The reorganization of the microtubular meshwork was studied in intact Haemanthus endosperm cells and cell fragments (cytoplasts). This higher plant tissue is devoid of a known microtubule organizating organelle. Observations on living cells were correlated with microtubule arrangements visualized with the immunogold method. In small fragments, reorganization did not proceed. In medium and large sized fragments, microtubular converging centers formed first. Then these converging centers reorganized into either closed bushy microtubular spiral or chromosome-free cytoplasmic spindles/phragmoplasts. Therefore, the final shape of organized microtubular structures, including spindle shaped, was determined by the initial size of the cell fragments and could be achieved without chromosomes or centrioles. Converging centers elongate due to the formation of additional structures resembling microtubular fir trees.

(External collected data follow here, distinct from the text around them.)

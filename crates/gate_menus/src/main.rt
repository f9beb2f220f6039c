//! Runs rows of the hotlist's box and of the menu's box, by keys.
#![tactic(auto)]

mod hotlists;
mod menus;
mod panels;

use rows_page::{Fault, Page, Sections, run};

/// What the rows of each section are told by.
struct Boxes;

impl Sections for Boxes {
    fn tell(page: &mut Page, name: &str, rows: &str) {
        match name {
            "hotlist" => hotlists::tell_rows(page, rows),
            "menu" => menus::tell_rows(page, rows),
            _ => page.fail(),
        }
    }
}

fn main(rt: HostRuntime) -> Result<(), Fault> {
    run::<Boxes>(&rt)
}
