//! The two panels between which the rows of menus stand: `/p/q`, whose cursor is on the file `a b`, and `/o`,
//! whose cursor is on the folder `box`.
use mc_text::{Kind, Name, Names, Path, Text};
use percent_macros::{Context, Side};
use std::alloc::Global;
use user_menu::Fact;

/// What the menu's conditions and macros are told of the panels.
#[derive(Drop)]
pub struct Panels {
    pub here: Fact,
    pub other: Fact,
    pub context: Context,
}

/// The panels, where these names are tagged here, a slash between two.
pub fn panels_of(alloc: Global, tags: &str) -> Option<Panels> {
    Some(Panels {
        here: fact_of(alloc, "/p/q", "a b", Kind::File, !tags.is_empty())?,
        other: fact_of(alloc, "/o", "box", Kind::Folder, false)?,
        context: Context {
            here: side_of(alloc, "/p/q", "a b", tags)?,
            other: side_of(alloc, "/o", "box", "t")?,
        },
    })
}

fn fact_of(alloc: Global, folder: &str, name: &str, kind: Kind, tagged: bool) -> Option<Fact> {
    Some(Fact {
        name: Text::from_str(alloc, name).ok()?,
        folder: Path::parse(alloc, folder).ok()?,
        kind,
        mode: 0o644,
        tagged,
    })
}

fn side_of(alloc: Global, folder: &str, current: &str, tags: &str) -> Option<Side> {
    Some(Side {
        folder: Path::parse(alloc, folder).ok()?,
        current: Text::from_str(alloc, current).ok()?,
        tagged: names_of(alloc, tags)?,
    })
}

fn names_of(alloc: Global, tags: &str) -> Option<Names> {
    let mut names = Names::new(alloc);
    for tag in tags.split('/').filter(|tag| !tag.is_empty()) {
        names.push(Name::new(alloc, tag).ok()?).ok()?;
    }
    Some(names)
}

These structures were observed at the pole of the microtubular converging center in anucleate fragments, accessory phragmoplasts in nucleated cells, and in the polar region of the mitotic spindle during anaphase. Therefore, during anaphase pronounced assembly of new microtubules occurs at the polar region of acentriolar spindles. Moreover, statistical analysis demonstrated that during the first two-thirds of anaphase, when chromosomes move with an approximately constant speed, kinetochore fibers shorten, while the length of the kinetochore fiber complex remains constant due to the simultaneous elongation of their integral parts (microtubular fir trees). The half-spindle shortens only during the last one-third of anaphase. These data contradict the presently prevailing view that chromosome-to-pole movements in acentriolar spindles of higher plants are concurrent with the shortening of the half-spindle, the self-reorganizing property of higher plant microtubules (tubulin) in vivo. It may be specific for cells without centrosomes and may be superimposed also on other microtubule-related processes.